Improving Customer Service Skills: How executives can be of great help

Mostafa Sayyadi, Author, Leading Between the Lines

Improving Customer Service Skills: How executives can be of great help

Executives today are focusing on customer and employee relationship management. Executives today are also focused on strategic management decision making due to the hypercompetitive global environment and the public and private sector evaluation and opinion. Public organizations are attempting to function as private profit-wise while public companies have the Wall Street analysts continuously evaluating their every strategic move. Executives, therefore, inspire people to create new ideas and develop effective mechanisms to acquire knowledge from various sources such as customers. The acquisition of new knowledge from customers is an ongoing process and can be essential to identify the needs of customers and recognize changes in the business environment. Thus, executives create new ideas and knowledge for innovation and to motivate employees to solve their current problems in a more innovative manner. Executives as leaders steering the organizational strategy facilitate innovation, by undertaking initiatives that improve knowledge transfer, thus enhancing the performance of employees and the implementation of effective changes to maintain the quality of products and services.

This can improve financial and non-financial performance in various metrics such as the customer focus, the quality of products and services, and the organizational revenue. Shared knowledge can contribute to the development of a learning organization in which people continuously grow and develop both personally and professionally. This is similar to a value-chain approach. Executives need to first support this customer focused approach to work because they play a strategic role in improving their team's customer service skills through applying incentives as mechanisms to develop a more innovative climate.

Executives must also curtail the knowledge within organizations. This knowledge needs to be reconfigured to meet environmental changes and new challenges and at the same time should not be leaked to the competition in any shape or form unless agreed upon by senior executives. Executives then integrate knowledge internally to enhance the effectiveness and efficiencies in various systems and processes, as well as to be more responsive to market changes.
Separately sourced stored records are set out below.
impl<'p> PortPlan<'p> {
    /// The plan of a table and a mapper's routes.
    #[inline(always)]
    pub fn new(table: &'p CompiledTable, routes: &'p Routes) -> Self
        ensures table { result.table.now ≡ table.now }
        ensures routes { result.routes.now ≡ routes.now }
    {
        PortPlan { table, routes }
    }

    /// The place of a frame's DSCP, where table or mapper asks for it.
    #[inline(always)]
    fn dscp_place(&self, head: &Head, rest: &[u8]) -> usize
        requires ethertype { head.now.type ≡ type_at 0 rest.now }
        requires whole { 2 ≤ length rest.now }
        ensures place { IsPlaceFor self.now (dscp_of rest.now) result }
        ensures bound { result < 65 }
    {
        if self.table.uses_dscp() | self.routes.uses_dscp() {
            place_of_dscp(rest, head.ethertype())
        } else {
            64
        }
    }

    /// What the tags of a frame with this head are made of, or why the table drops it.
    #[inline(always)]
    fn tagging(&self, head: &Head, place: usize) -> Result<Tagging<'p>, Reason>
        requires { place < 65 }
        ensures tags { IfOk result (λ tagging. (e : Entities) (port : ℕ) (frame : Reading)
            → IsPlanOf e port self.now → HasHead head.now frame
            → IsPlaceFor self.now (dscp_of frame.rest) place
            → tags_at (table_at e port) frame ≡ Ok (tags_made tagging)) }
        ensures reason { IfErr result (λ reason. (e : Entities) (port : ℕ) (frame : Reading)
            → IsPlanOf e port self.now → HasHead head.now frame
            → tags_at (table_at e port) frame ≡ Err reason) }
    {
        match self.table.treat(head) {
            Ok(treat) => Ok(Tagging {
                treat,
                first: head.outer(),
                last: head.inner(),
                marking: self.table.marking(place),
            }),
            Err(reason) => Err(reason),
        }
    }

    /// The priority of a frame with these tags.
    #[inline(always)]
    fn priority(&self, tagging: &Tagging, place: usize) -> u8
        requires { place < 65 }
        ensures value { (e : Entities) (port : ℕ) (dscp : Option ℕ)
            → IsPlanOf e port self.now → IsPlaceFor self.now dscp place
            → result
            ≡ priority_made (mapper_at e port) dscp tagging.now.treat.now.count
            (words_made tagging.now) }
        ensures bound { result < 8 }
        ensures four { length (words_made tagging.now) ≡ 4 }
    {
        let untagged = self.routes.untagged(place);
        let outermost = Tag::of_word(tagging.words()[0]).pcp();
        if tagging.count() == 0 {
            untagged
        } else {
            outermost
        }
    }

    /// The GEM port of a frame with these tags, or the reason that there is none.
    #[inline(always)]
    fn route(&self, tagging: &Tagging, place: usize) -> Result<u16, Reason>
        requires { place < 65 }
        ensures gem { (e : Entities) (port : ℕ) (dscp : Option ℕ)
            → IsPlanOf e port self.now → IsPlaceFor self.now dscp place
            → result ≡ gem_port_at e port (tags_made tagging.now) dscp }
        ensures four { length (words_made tagging.now) ≡ 4 }
    {
        self.routes.route(self.priority(tagging, place))
    }

    /// The GEM port of a frame that was read, and what its tags are made of, or why it is dropped.
    #[inline(always)]
    fn decide(&self, head: &Head, rest: &[u8]) -> Result<(u16, Tagging<'p>), Reason>
        requires ethertype { head.now.type ≡ type_at 0 rest.now }
        requires whole { 2 ≤ length rest.now }
        ensures leaves { IfOk result (λ decided. (e : Entities) (port : ℕ) (frame : Reading)
            → IsPlanOf e port self.now → IsFrameOf head.now rest.now frame
            → leaves_by e port frame ≡ Ok (decided.0, tags_made decided.1)) }
        ensures dropped { IfErr result (λ reason. (e : Entities) (port : ℕ) (frame : Reading)
            → IsPlanOf e port self.now → IsFrameOf head.now rest.now frame
            → leaves_by e port frame ≡ Err reason) }
        ensures four { IfOk result (λ decided. length (words_made decided.1) ≡ 4) }
    {
        let place = self.dscp_place(head, rest);
        match self.tagging(head, place) {
            Ok(tagging) => match self.route(&tagging, place) {
                Ok(gem) => Ok((gem, tagging)),
                Err(reason) => Err(reason),
            },
            Err(reason) => Err(reason),
        }
    }

    /// The head of a frame, or why it is dropped unread.
    #[inline(always)]
    fn read(&self, bytes: &[u8]) -> Result<Head, Reason>
        ensures head { IfOk result (λ head. IsHeadOf self.now bytes.now head) }
        ensures dropped { IfErr result (λ reason. (e : Entities) (port : ℕ)
            → IsPlanOf e port self.now → Drop reason ≡ meaning e port bytes.now) }
    {
        match Head::read(bytes, self.table.input_tpid()) {
            Ok(head) => Ok(head),
            Err(fault) => Err(Reason::from(fault)),
        }
    }

    /// Appends the verdict on a frame with this head.
    #[inline(always)]
    fn push_read<'a>(
        &self,
        head: &Head,
        received: u8,
        bytes: &'a [u8],
        verdicts: &mut Vec<Verdict<'a>>,
    )
        requires head { IsHeadOf self.now bytes.now head.now }
        requires received { received ≡ length head.now.tags }
        requires free { vec_len verdicts.old < vec_capacity verdicts.old }
        ensures verdict { (e : Entities) (port : ℕ) → IsPlanOf e port self.now
            → verdicts.new.items ≡ verdicts.old.items ++ meaning e port bytes.now ∷ [] }
        ensures one { vec_len verdicts.new ≡ vec_len verdicts.old + 1 }
        ensures room { vec_capacity verdicts.new ≡ vec_capacity verdicts.old }
    {
        match self.decide(head, behind_tags(bytes, received)) {
            Ok((gem, tagging)) if tagging.count() > 2 => {
                push_many_tags(gem, &tagging, received, bytes, verdicts)
            }
            Ok((gem, tagging)) => verdicts.push_reserved(Verdict::Forward {
                gem,
                frame: OutFrame::of_two_words(bytes, received, tagging.words(), tagging.count()),
            }),
            Err(reason) => verdicts.push_reserved(Verdict::Drop(reason)),
        }
    }

    /// The verdict on a frame with this head.
    #[inline(always)]
    fn verdict<'a>(&self, head: &Head, received: u8, bytes: &'a [u8]) -> Verdict<'a>
        requires head { IsHeadOf self.now bytes.now head.now }
        requires received { received ≡ length head.now.tags }
        ensures verdict { (e : Entities) (port : ℕ) → IsPlanOf e port self.now
            → result ≡ meaning e port bytes.now }
        ensures size { LeavesLittleMore bytes.now result }
    {
        match self.decide(head, behind_tags(bytes, received)) {
            Ok((gem, tagging)) => Verdict::Forward {
                gem,
                frame: OutFrame::of_words(bytes, received, tagging.words(), tagging.count()),
            },
            Err(reason) => Verdict::Drop(reason),
        }
    }

    /// What becomes of a frame. It takes no memory, and the verdict borrows the frame alone.
    #[inline(always)]
    pub fn forward<'a>(&self, bytes: &'a [u8]) -> Verdict<'a>
        ensures verdict { (e : Entities) (port : ℕ) → IsPlanOf e port self.now
            → result ≡ meaning e port bytes.now }
        ensures size { LeavesLittleMore bytes.now result }
    {
        match self.read(bytes) {
            Ok(head) => match head.tags() {
                0 => self.verdict(&head, 0, bytes),
                1 => self.verdict(&head, 1, bytes),
                _ => self.verdict(&head, 2, bytes),
            },
            Err(reason) => Verdict::Drop(reason),
        }
    }

    /// The GEM port by which a frame with this head leaves and how many bytes it has then, or why it is dropped.
    #[inline(always)]
    fn outcome_read(&self, head: &Head, received: u8, bytes: &[u8]) -> Result<(u16, usize), Reason>
        requires head { IsHeadOf self.now bytes.now head.now }
        requires received { received ≡ length head.now.tags }
        ensures { (e : Entities) (port : ℕ) → IsPlanOf e port self.now
            → result ≡ outcome_of (meaning e port bytes.now) }
    {
        match self.decide(head, behind_tags(bytes, received)) {
            Ok((gem, tagging)) => Ok((
                gem,
                bytes.len() - 4 * usize::from(received) + 4 * tagging.count(),
            )),
            Err(reason) => Err(reason),
        }
    }

    /// What comes of a frame: the GEM port by which it leaves and how many bytes it has then, or why it is dropped. Its tags aren't
    /// made, so this is faster than [`forward`](PortPlan::forward).
    #[inline(always)]
    pub fn outcome(&self, bytes: &[u8]) -> Result<(u16, usize), Reason>
        ensures { (e : Entities) (port : ℕ) → IsPlanOf e port self.now
            → result ≡ outcome_of (meaning e port bytes.now) }
    {
        match self.read(bytes) {
            Ok(head) => match head.tags() {
                0 => self.outcome_read(&head, 0, bytes),
                1 => self.outcome_read(&head, 1, bytes),
                _ => self.outcome_read(&head, 2, bytes),
            },
            Err(reason) => Err(reason),
        }
    }

    /// How many tags the first of some frames has, or 128 where that isn't known so early or there is none.
    #[inline(always)]
    fn tags_ahead(&self, input_tpid: u16, frames: &[&[u8]]) -> u8
        requires { input_tpid ≡ self.now.table.now.table.settings.input_tpid }
        ensures foreseen { (frame : Bor (List ℕ)) → slice_get frames.now 0 ≡ Some frame
            → IsForeseen self.now frame.now result }
    {
        match frames.first() {
            Some(frame) => Head::tags_ahead(frame, input_tpid),
            None => 128,
        }
    }

    /// Appends the verdict on a frame that has so many tags, or on any where that isn't known.
    #[inline(always)]
    fn push_foreseen<'a>(&self, bytes: &'a [u8], tags: u8, verdicts: &mut Vec<Verdict<'a>>)
        requires foreseen { IsForeseen self.now bytes.now tags }
        requires free { vec_len verdicts.old < vec_capacity verdicts.old }
        ensures verdict { (e : Entities) (port : ℕ) → IsPlanOf e port self.now
            → verdicts.new.items ≡ verdicts.old.items ++ meaning e port bytes.now ∷ [] }
        ensures one { vec_len verdicts.new ≡ vec_len verdicts.old + 1 }
        ensures room { vec_capacity verdicts.new ≡ vec_capacity verdicts.old }
    {
        match tags {
            // Each number of tags is a path of its own.
            0 => self.push_read(&Head::of_tags(bytes, 0), 0, bytes, verdicts),
            1 => self.push_read(&Head::of_tags(bytes, 1), 1, bytes, verdicts),
            2 => self.push_read(&Head::of_tags(bytes, 2), 2, bytes, verdicts),
            _ => self.push_apart(bytes, verdicts),
        }
    }

    /// Appends the verdict on a short frame. It stands apart, so that the other frames don't wait for it.
    #[cold]
    #[inline(never)]
    fn push_apart<'a>(&self, bytes: &'a [u8], verdicts: &mut Vec<Verdict<'a>>)
        requires free { vec_len verdicts.old < vec_capacity verdicts.old }
        ensures verdict { (e : Entities) (port : ℕ) → IsPlanOf e port self.now
            → verdicts.new.items ≡ verdicts.old.items ++ meaning e port bytes.now ∷ [] }
        ensures one { vec_len verdicts.new ≡ vec_len verdicts.old + 1 }
        ensures room { vec_capacity verdicts.new ≡ vec_capacity verdicts.old }
    {
        self.push(bytes, verdicts);
    }

    /// Appends what becomes of each frame, in order, to verdicts that there is room for. It takes no memory, and the verdicts
    /// borrow the frames alone. This is the fast way to forward many frames: each verdict is written where it is to lie, by one
    /// loop into which all that a frame goes through is put, whoever calls it. The number of a frame's tags is found while the frame
    /// before it is forwarded, so a processor that guesses wrong which way a frame goes knows it at once.
    #[inline(never)]
    pub fn push_all<'a>(&self, frames: &[&'a [u8]], verdicts: &mut Vec<Verdict<'a>>)
        requires { vec_len verdicts.old + length frames.now ≤ vec_capacity verdicts.old }
        ensures verdicts { (e : Entities) (port : ℕ) → IsPlanOf e port self.now
            → verdicts.new.items
            ≡ verdicts.old.items ++ map (λ frame. meaning e port frame.now) frames.now }
        ensures room { vec_capacity verdicts.new ≡ vec_capacity verdicts.old }
    {
        // Lent once, and not looked up for each frame.
        let plan = *self;
        let input_tpid = plan.table.input_tpid();
        let mut tags = plan.tags_ahead(input_tpid, frames);
        let mut left = frames;
        while let [frame, behind @ ..] = left {
            let next = plan.tags_ahead(input_tpid, behind);
            plan.push_foreseen(frame, tags, verdicts);
            tags = next;
            left = behind;
        }
    }

    /// Appends what becomes of a frame to verdicts that there is room for. It takes no memory, and the verdict borrows the
    /// frame alone. Where it is called for many frames, [`push_all`](PortPlan::push_all) is faster.
    #[inline(always)]
    pub fn push<'a>(&self, bytes: &'a [u8], verdicts: &mut Vec<Verdict<'a>>)
        requires { vec_len verdicts.old < vec_capacity verdicts.old }
        ensures verdict { (e : Entities) (port : ℕ) → IsPlanOf e port self.now
            → verdicts.new.items ≡ verdicts.old.items ++ meaning e port bytes.now ∷ [] }
        ensures one { vec_len verdicts.new ≡ vec_len verdicts.old + 1 }
        ensures room { vec_capacity verdicts.new ≡ vec_capacity verdicts.old }
    {
        match self.read(bytes) {
            // Each number of tags is a path of its own.
            Ok(head) => match head.tags() {
                0 => self.push_read(&head, 0, bytes, verdicts),
                1 => self.push_read(&head, 1, bytes, verdicts),
                _ => self.push_read(&head, 2, bytes, verdicts),
            },
            Err(reason) => verdicts.push_reserved(Verdict::Drop(reason)),
        }
    }
}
Executives can also improve networking with external sources through mechanisms, focusing on developing relationships and leading between the lines of the organizational chart to better meet the needs of shareholders. Executives are aware of networking with business partners is a key activity for organizations to enhance knowledge exchange. Networking is a critical concern for executives in this process is developing alliances with partners in external environments. Executives and their expert groups and/or steering committees are the ones who can make final decisions about developing alliances with business partners. Furthermore, executives can inspire organizational members to network with more successful competitors by sharing successes to build alliances and not only enhance competition but communicate best practices as a way of keeping the highest standard of operation in the industry and being the go-to organization for successful modeling of customer service and employee satisfaction. In doing this, executives create an inspiring view of future and motivate employees to develop relationships with external environments to identify new opportunities that occur in an ever-changing hypercompetitive marketplace.

In addition, when executives show concern for the employee’s individual needs, individuals begin to contribute more commitment and they become more inspired them to put extra effort into their work. This extra effort improves the quality of products, customer satisfaction, and impacts the return on shareholder value, and improves operational risk management. Therefore, executives can positively affect financial and non-financial performance through increasing the rate of responses to environmental changes, improving the quality of products and services, along with a stronger customer focus and developing learning opportunities for employees.